Your task
Check each line of the entries below for the word "StoreFile", and copy the lines that have it.

Given data
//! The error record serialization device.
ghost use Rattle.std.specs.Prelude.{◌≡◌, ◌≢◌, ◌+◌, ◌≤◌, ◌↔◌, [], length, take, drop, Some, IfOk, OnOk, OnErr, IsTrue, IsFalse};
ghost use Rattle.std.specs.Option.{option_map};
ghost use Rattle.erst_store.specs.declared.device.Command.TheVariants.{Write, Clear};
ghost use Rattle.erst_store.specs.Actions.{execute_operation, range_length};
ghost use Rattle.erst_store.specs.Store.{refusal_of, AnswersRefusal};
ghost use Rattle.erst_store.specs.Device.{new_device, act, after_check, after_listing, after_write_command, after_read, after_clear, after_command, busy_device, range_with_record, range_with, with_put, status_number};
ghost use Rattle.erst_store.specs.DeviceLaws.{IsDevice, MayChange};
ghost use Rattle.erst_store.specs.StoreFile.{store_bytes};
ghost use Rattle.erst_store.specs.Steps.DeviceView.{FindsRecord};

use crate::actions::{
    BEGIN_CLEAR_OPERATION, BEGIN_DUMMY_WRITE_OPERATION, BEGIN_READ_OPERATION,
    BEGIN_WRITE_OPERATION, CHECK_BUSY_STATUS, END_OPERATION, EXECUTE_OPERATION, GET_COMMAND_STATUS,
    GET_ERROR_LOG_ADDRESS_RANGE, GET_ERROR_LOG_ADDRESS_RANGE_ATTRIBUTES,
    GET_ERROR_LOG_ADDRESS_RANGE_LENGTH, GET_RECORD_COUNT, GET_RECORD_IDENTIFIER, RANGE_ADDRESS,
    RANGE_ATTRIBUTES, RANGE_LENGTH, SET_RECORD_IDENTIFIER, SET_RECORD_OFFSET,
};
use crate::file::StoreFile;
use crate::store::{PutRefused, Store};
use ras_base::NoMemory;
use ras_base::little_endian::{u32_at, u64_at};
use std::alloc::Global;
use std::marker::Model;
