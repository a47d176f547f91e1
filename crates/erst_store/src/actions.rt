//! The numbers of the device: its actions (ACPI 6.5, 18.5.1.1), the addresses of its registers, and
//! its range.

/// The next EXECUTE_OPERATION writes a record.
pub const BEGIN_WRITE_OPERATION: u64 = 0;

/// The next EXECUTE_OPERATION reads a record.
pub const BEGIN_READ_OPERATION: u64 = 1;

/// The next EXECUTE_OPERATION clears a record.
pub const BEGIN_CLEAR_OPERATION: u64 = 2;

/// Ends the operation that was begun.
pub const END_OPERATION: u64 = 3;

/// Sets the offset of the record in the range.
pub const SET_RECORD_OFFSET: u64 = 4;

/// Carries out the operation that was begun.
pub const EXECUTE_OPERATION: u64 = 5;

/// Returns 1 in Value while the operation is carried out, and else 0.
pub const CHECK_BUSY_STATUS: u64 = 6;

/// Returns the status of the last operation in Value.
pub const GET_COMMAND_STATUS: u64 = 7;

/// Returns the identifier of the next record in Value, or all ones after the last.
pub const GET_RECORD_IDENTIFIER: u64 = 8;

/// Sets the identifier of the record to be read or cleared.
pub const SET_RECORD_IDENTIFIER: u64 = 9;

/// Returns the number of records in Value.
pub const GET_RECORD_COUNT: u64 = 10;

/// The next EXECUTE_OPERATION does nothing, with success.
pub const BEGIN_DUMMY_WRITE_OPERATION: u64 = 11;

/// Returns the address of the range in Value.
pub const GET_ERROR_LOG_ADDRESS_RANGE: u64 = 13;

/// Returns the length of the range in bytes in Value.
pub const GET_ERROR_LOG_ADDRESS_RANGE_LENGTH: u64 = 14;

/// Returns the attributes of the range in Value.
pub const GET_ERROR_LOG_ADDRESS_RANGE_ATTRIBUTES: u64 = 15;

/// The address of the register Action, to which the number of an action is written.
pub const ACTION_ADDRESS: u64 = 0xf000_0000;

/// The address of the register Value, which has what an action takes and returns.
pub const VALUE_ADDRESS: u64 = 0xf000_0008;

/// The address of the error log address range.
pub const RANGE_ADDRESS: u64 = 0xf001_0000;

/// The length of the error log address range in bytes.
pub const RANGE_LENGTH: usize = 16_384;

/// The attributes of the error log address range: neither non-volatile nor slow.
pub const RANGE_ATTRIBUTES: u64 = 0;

Final answer
ghost use Rattle.erst_store.specs.StoreFile.{store_bytes};
use crate::file::StoreFile;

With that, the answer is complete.